-- Data extracts follows --

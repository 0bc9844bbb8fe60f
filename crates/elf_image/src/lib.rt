//! The bytes of a LOAD segment as a loader leaves them: the dynamic relocations of an executable
//! or a shared object for x86-64, applied in the order of a loader, by the base and by the items
//! that are given ([`ImageItems`]). [`write_image`] writes the bytes, [`MissingEntries`] goes
//! through the entries that lack an item. Only [`ItemList`] allocates.
#![tactic(auto)]

mod changes;
mod chunks;
mod dynamic_rows;
mod dynamic_types;
mod entries;
mod entry;
mod headers;
mod image_items;
mod item_list;
mod items;
mod marks;
mod missing;
mod passes;
mod place;
mod ranges;
mod rela_rows;
mod relative_rows;
mod segment_image;
mod segment_windows;
mod stored;
mod symbols;
mod tables;
mod values;
mod walk;
mod window;

pub use headers::load_image;
pub use image_items::{CopyBytes, CopyItem, ImageItems, ItemKind, NumberItem};
pub use item_list::{ItemList, ItemListFault};
pub use items::{ImageItem, image_item};
pub use missing::{LackingEntry, MissingEntries};
pub use segment_image::{ImageRequest, write_image};
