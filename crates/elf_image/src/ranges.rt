//! The ranges of relocation entries, in the order of a loader.
ghost use Rattle.std.specs.Prelude.{◌≡◌, ◌-◌, ◌≤◌, ◌==◌, ◌&&◌, true, ℕ, List, IfErr, IfOk, Some};
ghost use Rattle.elf_model.specs.ImageChecks.{linkage_checks, row_value};
ghost use Rattle.elf_model.specs.Numbers.{DT_RELACOUNT};
ghost use Rattle.elf_table.specs.Prelude.{IsOfCheck};
ghost use Rattle.elf_hash.specs.declared.dyn_entry.DynEntry.{DynEntry};
ghost use Rattle.elf_image.specs.Located.{AreImageRows, AreImageTables, ChecksThen, has_both, mapped_end};
ghost use Rattle.elf_image.specs.Relocated.{AreEntryRanges};
ghost use Rattle.elf_image.specs.Within.{RangesWithin, IsTableWithin, TablesWithin};

use crate::dynamic_rows::ImageRows;
use crate::tables::{ImageTables, MappedTable};
use elf_record::Cause;
use elf_record::sizes::RELOCATION_BYTES;
use elf_table::{Fault, Table, refused};

/// The entries with addends in two tables: one range, if they are consecutive in memory, or two. In
/// each range the entries of R_X86_64_IRELATIVE are applied after the others.
#[derive(Clone, Copy)]
pub(crate) struct EntryRanges {
    /// The first table.
    pub(crate) first: Table,
    /// The second one.
    pub(crate) second: Table,
    /// Whether they are one range.
    pub(crate) joined: bool,
    /// How many entries at the start of the first range are R_X86_64_RELATIVE.
    pub(crate) relative: u64,
}

/// Returns the ranges. Calls at the end of the other entries are a part of these; calls right after
/// them are one range with them.
///
/// # Errors
/// Returns `Unsupported` at DT_JMPREL if the calls end where the others end, and begin before them.
pub(crate) fn entry_ranges(tables: &ImageTables, rows: &ImageRows) -> Result<EntryRanges, Fault>
    requires widths { (tables.now.addends.rows.entry ≡ 24) × (tables.now.calls.rows.entry ≡ 24) }
    ensures within { (size : ℕ) → TablesWithin size tables.now → IfOk result (RangesWithin size) }
    ensures refusal { IfErr result IsOfCheck }
    ensures ranges { (file : List ℕ) (at : ℕ) → AreImageRows file at rows.now →
        AreImageTables file at tables.now →
        ChecksThen (linkage_checks file at) (AreEntryRanges file at) result }
{
    if end_alike(tables) {
        return cut_ranges(tables, rows);
    }
    Ok(EntryRanges {
        first: tables.addends.rows,
        second: tables.calls.rows,
        joined: are_consecutive(tables),
        relative: relative_count(rows),
    })
}

/// Returns `true` if there are calls and other entries.
fn has_both(tables: &ImageTables) -> bool
    ensures { result ≡ has_both tables.now }
{
    tables.addends.rows.len() != 0 && tables.calls.rows.len() != 0
}

/// Returns `true` if there are calls that end where the other entries end.
fn end_alike(tables: &ImageTables) -> bool
    ensures { result ≡ (has_both tables.now
        && (mapped_end tables.now.addends == mapped_end tables.now.calls)) }
{
    has_both(tables) && end_of(&tables.addends) == end_of(&tables.calls)
}

/// Returns `true` if there are calls that begin where the other entries end.
fn are_consecutive(tables: &ImageTables) -> bool
    ensures { result ≡ (has_both tables.now
        && (mapped_end tables.now.addends == tables.now.calls.address)) }
{
    has_both(tables) && end_of(&tables.addends) == u128::from(tables.calls.address)
}

/// Returns the ranges if the calls end where the other entries end.
///
/// # Errors
/// Returns `Unsupported` at DT_JMPREL if the calls begin before the other entries.
fn cut_ranges(tables: &ImageTables, rows: &ImageRows) -> Result<EntryRanges, Fault>
    requires widths { (tables.now.addends.rows.entry ≡ 24) × (tables.now.calls.rows.entry ≡ 24) }
    requires alike { (has_both tables.now
        && (mapped_end tables.now.addends == mapped_end tables.now.calls)) ≡ true }
    ensures within { (size : ℕ) → TablesWithin size tables.now → IfOk result (RangesWithin size) }
    ensures refusal { IfErr result IsOfCheck }
    ensures ranges { (file : List ℕ) (at : ℕ) → AreImageRows file at rows.now →
        AreImageTables file at tables.now →
        ChecksThen (linkage_checks file at) (AreEntryRanges file at) result }
{
    let count = tables.calls.rows.len();
    if count > tables.addends.rows.len() {
        return refused(calls_row(rows), Cause::Unsupported);
    }
    let first = front_of(&tables.addends.rows, count);
    Ok(EntryRanges {
        first,
        second: tables.calls.rows,
        joined: true,
        relative: relative_count(rows),
    })
}

/// Returns the value of DT_RELACOUNT, 0 without it.
fn relative_count(rows: &ImageRows) -> u64
    ensures { (file : List ℕ) (at : ℕ) → AreImageRows file at rows.now →
        result ≡ row_value file at DT_RELACOUNT }
{
    match rows.relative {
        Some(row) => row.value,
        None => 0,
    }
}

/// Returns the address at which a table of entries ends.
fn end_of(table: &MappedTable) -> u128
    ensures { result ≡ mapped_end table.now }
{
    u128::from(table.address) + u128::from(RELOCATION_BYTES) * u128::from(table.rows.len())
}

/// Returns the offset of DT_JMPREL.
fn calls_row(rows: &ImageRows) -> u64
    ensures { (entry : DynEntry) → rows.now.calls.address ≡ Some entry → result ≡ entry.at }
{
    match rows.calls.address {
        Some(row) => row.at,
        None => 0,
    }
}

/// Returns a table without its last rows, as many as `count`.
fn front_of(table: &Table, count: u64) -> Table
    requires entry { table.now.entry ≡ 24 }
    requires few { count ≤ table.now.count }
    ensures within { (size : ℕ) → IsTableWithin 24 size table.now → IsTableWithin 24 size result }
    ensures rows { result ≡ record {
      at = table.now.at;
      count = table.now.count - count;
      entry = 24;
    } }
{
    let _ = table.entry();
    Table::new(table.at(), table.len() - count, RELOCATION_BYTES)
}
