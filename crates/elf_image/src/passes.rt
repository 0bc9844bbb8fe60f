//! The passes over what the relocations of a file change: one that checks all of them, and one for
//! each window that they meet.
ghost use Rattle.std.specs.Prelude.{◌≡◌, ◌+◌, ◌^◌, ◌<◌, ◌≤◌, ◌||◌, ℕ, length, List, [], ◌∷◌, IfErr, IfOk, Some};
ghost use Rattle.elf_model.specs.Image.{ImageSource, SegmentWrite, relocation_changes, writes_of};
ghost use Rattle.elf_model.specs.ImageCost.{MARKED_WINDOWS};
ghost use Rattle.elf_table.specs.Prelude.{CallReads, IsOfRead, fault_of_result};
ghost use Rattle.elf_image.specs.Changes.{StoresAs, image_pass};
ghost use Rattle.elf_image.specs.Chunks.{HoldsChunks};
ghost use Rattle.elf_image.specs.Marks.{is_window_marked};
ghost use Rattle.elf_image.specs.Relocated.{IsImageOf};
ghost use Rattle.elf_image.specs.SegmentParts.{IsWindowOf, KeepsEdges};
ghost use Rattle.elf_image.specs.Within.{ImageWithin};
ghost use Rattle.elf_image.specs.Written.{ChecksAll, IsTargetOf, PatchesWindow};
ghost use Rattle.elf_image.specs.Written.{MeetsBefore, bytes_before, is_marked_by};

use crate::changes::{ImageFile, PlacedBytes};
use crate::marks::WindowMarks;
use crate::segment_windows::ImageTarget;
use crate::walk::{ImageWalk, WalkStep};
use crate::window::ImageWindow;
use elf_source::{Counted, Source};
use elf_table::Fault;

/// Checks all relocations, and marks the windows of a segment that they meet.
///
/// # Errors
/// Returns the first refusal, or a fault of the source.
pub(crate) fn check<S: Source>(
    src: &mut Counted<S>,
    image: &ImageFile<'_, '_>,
    target: &ImageTarget,
) -> Result<WindowMarks, Fault>
    requires image { ImageWithin src.old.seen.size image.now }
    requires window { 0 < target.now.window }
    ensures costs { CallReads src.old src.new (fault_of_result result) (image_pass image.now) }
    ensures checks { (source : ImageSource) → src.old.seen.file ≡ Some source.file →
        IsImageOf source image.now →
        ChecksAll source image.now.leaves target.now.window target.now.index result }
    ensures chunks { (source : ImageSource) → src.old.seen.file ≡ Some source.file →
        IsImageOf source image.now → IfOk result (λ marks.
        HoldsChunks source.file image.now.told.ranges.first.at marks.chunks) }
{
    let mut marks = WindowMarks::new();
    let mut walk = ImageWalk::new(image, None);
    'steps: loop {
        if let Some(found) = walk.relative(image) {
            let change = walk.take_relative(image, &found);
            mark_change(&mut marks, target, &change);
            continue;
        }
        match walk.step(src, image)? {
            WalkStep::Stores(change) => mark_change(&mut marks, target, &change),
            WalkStep::End => {
                marks.chunks = walk.entries.chunks;
                return Ok(marks);
            }
            _ => {}
        }
    }
}

/// Marks the windows that a change meets, if it is one of the segment.
fn mark_change(marks: &mut WindowMarks, target: &ImageTarget, change: &PlacedBytes<'_>)
    requires { 0 < target.now.window }
    ensures { (k : ℕ) → k < MARKED_WINDOWS → is_window_marked marks.new.met k
        ≡ (is_window_marked marks.old.met k
        || is_marked_by target.now change.now.place change.now.width k) }
{
    if change.place.segment == target.index {
        marks.mark(change.place.offset, change.width, target.window);
    }
}

/// Stores into a window of a segment what the relocations store there.
pub(crate) fn patch_window<S: Source>(
    src: &mut Counted<S>,
    image: &ImageFile<'_, '_>,
    target: &ImageTarget,
    window: &mut ImageWindow<'_>,
) -> Result<(), Fault>
    requires { ImageWithin src.old.seen.size image.now }
    ensures costs { CallReads src.old src.new (fault_of_result result) (image_pass image.now) }
    ensures edges { KeepsEdges window.old window.new }
    ensures patches { (source : ImageSource) (writes : List SegmentWrite) →
        src.old.seen.file ≡ Some source.file → IsImageOf source image.now →
        IsTargetOf source target.now →
        writes_of image.now.leaves (relocation_changes source) ≡ Ok writes →
        IsWindowOf (bytes_before source target.now) window.old.low window.old →
        window.old.low + length window.old.bytes.now ≤ target.now.size →
        IfOk result (λ _. PatchesWindow target.now writes window.old window.new) }
    ensures unrefused { (source : ImageSource) (writes : List SegmentWrite) →
        src.old.seen.file ≡ Some source.file → IsImageOf source image.now →
        writes_of image.now.leaves (relocation_changes source) ≡ Ok writes →
        IfErr result IsOfRead }
{
    let wanted = Some(window.reach(target.first));
    let mut walk = ImageWalk::new(image, wanted);
    'steps: loop {
        if let Some(found) = walk.relative(image) {
            let change = walk.take_relative(image, &found);
            store_change(window, image, target, &change);
            continue;
        }
        match walk.step(src, image)? {
            WalkStep::Stores(change) => store_change(window, image, target, &change),
            WalkStep::End => return Ok(()),
            _ => {}
        }
    }
}

/// Stores into a window what a change stores there, if it is one of the segment.
fn store_change(
    window: &mut ImageWindow<'_>,
    image: &ImageFile<'_, '_>,
    target: &ImageTarget,
    change: &PlacedBytes<'_>,
)
    ensures edges { KeepsEdges window.old window.new }
    ensures stores { (source : ImageSource) (write : SegmentWrite) → IsImageOf source image.now →
        StoresAs source change.now write → MeetsBefore source target.now window.old change.now →
        window.old.low + length window.old.bytes.now < 2 ^ 64 →
        (write.segment ≡ target.now.index →
        write.stored.at + length write.stored.bytes < 2 ^ 64) →
        PatchesWindow target.now (write ∷ []) window.old window.new }
{
    if change.place.segment == target.index {
        window.store(change, image.base);
    }
}
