//! Items of an image, as many as memory allows.
use crate::image_items::{CopyItem, ImageItems, NumberItem};
use crate::items::{ImageItem, image_item};
use elf_layout::TextEnd;
use std::alloc::{AllocError, Global};

/// Why items could not be gathered.
pub enum ItemListFault {
    /// An argument is not an item.
    BadWord,
    /// The line of this number is not an item, or has too many bytes.
    BadLine(u64),
    /// Two items of one kind have the same index or address.
    Repeat,
    /// Memory is exhausted.
    Memory,
}

/// Items of an image.
#[derive(Drop)]
pub struct ItemList<'a> {
    numbers: Vec<NumberItem>,
    copies: Vec<CopyItem<'a>>,
}

impl<'a> ItemList<'a> {
    /// Creates an empty list.
    pub fn new(alloc: Global) -> ItemList<'a> {
        ItemList {
            numbers: Vec::new(alloc),
            copies: Vec::new(alloc),
        }
    }

    /// Appends the items of arguments.
    ///
    /// # Errors
    /// `BadWord` if one is not an item, `Memory`.
    pub fn push_words(&mut self, words: &[&'a str]) -> Result<(), ItemListFault> {
        for word in words {
            let Some(item) = image_item(word) else {
                return Err(ItemListFault::BadWord);
            };
            if self.push(item).is_err() {
                return Err(ItemListFault::Memory);
            }
        }
        Ok(())
    }

    /// Appends the items of lines, one for each line. A text that was cut counts as followed by a
    /// line that is not an item.
    ///
    /// # Errors
    /// `BadLine` with the number of the first line that is not an item, counted from 1; `Memory`.
    pub fn push_lines(&mut self, text: &'a str, end: TextEnd) -> Result<(), ItemListFault> {
        let mut number: u64 = 0;
        for line in text.lines() {
            number = number.saturating_add(1);
            let Some(item) = image_item(line) else {
                return Err(ItemListFault::BadLine(number));
            };
            if self.push(item).is_err() {
                return Err(ItemListFault::Memory);
            }
        }
        match end {
            TextEnd::Whole => Ok(()),
            TextEnd::Cut => Err(ItemListFault::BadLine(number.saturating_add(1))),
        }
    }

    /// Sorts the items and returns them.
    ///
    /// # Errors
    /// `Repeat` if two items of one kind have the same index or address.
    pub fn lend(&mut self) -> Result<ImageItems<'_>, ItemListFault> {
        self.numbers.sort_unstable();
        self.copies.sort_unstable_by_key(|item| item.index);
        match ImageItems::new(self.numbers.as_slice(), self.copies.as_slice()) {
            Some(items) => Ok(items),
            None => Err(ItemListFault::Repeat),
        }
    }

    /// Appends an item.
    fn push(&mut self, item: ImageItem<'a>) -> Result<(), AllocError> {
        match item {
            ImageItem::Number(item) => push_number(&mut self.numbers, item),
            ImageItem::Copy(item) => push_copy(&mut self.copies, item),
        }
    }
}

/// Appends a number to others.
fn push_number(items: &mut Vec<NumberItem>, item: NumberItem) -> Result<(), AllocError> {
    match items.push(item) {
        Ok(()) => Ok(()),
        Err(_) => Err(AllocError),
    }
}

/// Appends a copy to others.
fn push_copy<'a>(items: &mut Vec<CopyItem<'a>>, item: CopyItem<'a>) -> Result<(), AllocError> {
    match items.push(item) {
        Ok(()) => Ok(()),
        Err(_) => Err(AllocError),
    }
}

-- Data extracts concluded --

## What is expected
Wherever "base" occurs in the records above, copy the line it sits in.

## Solution for this exercise
//! or a shared object for x86-64, applied in the order of a loader, by the base and by the items
        window.store(change, image.base);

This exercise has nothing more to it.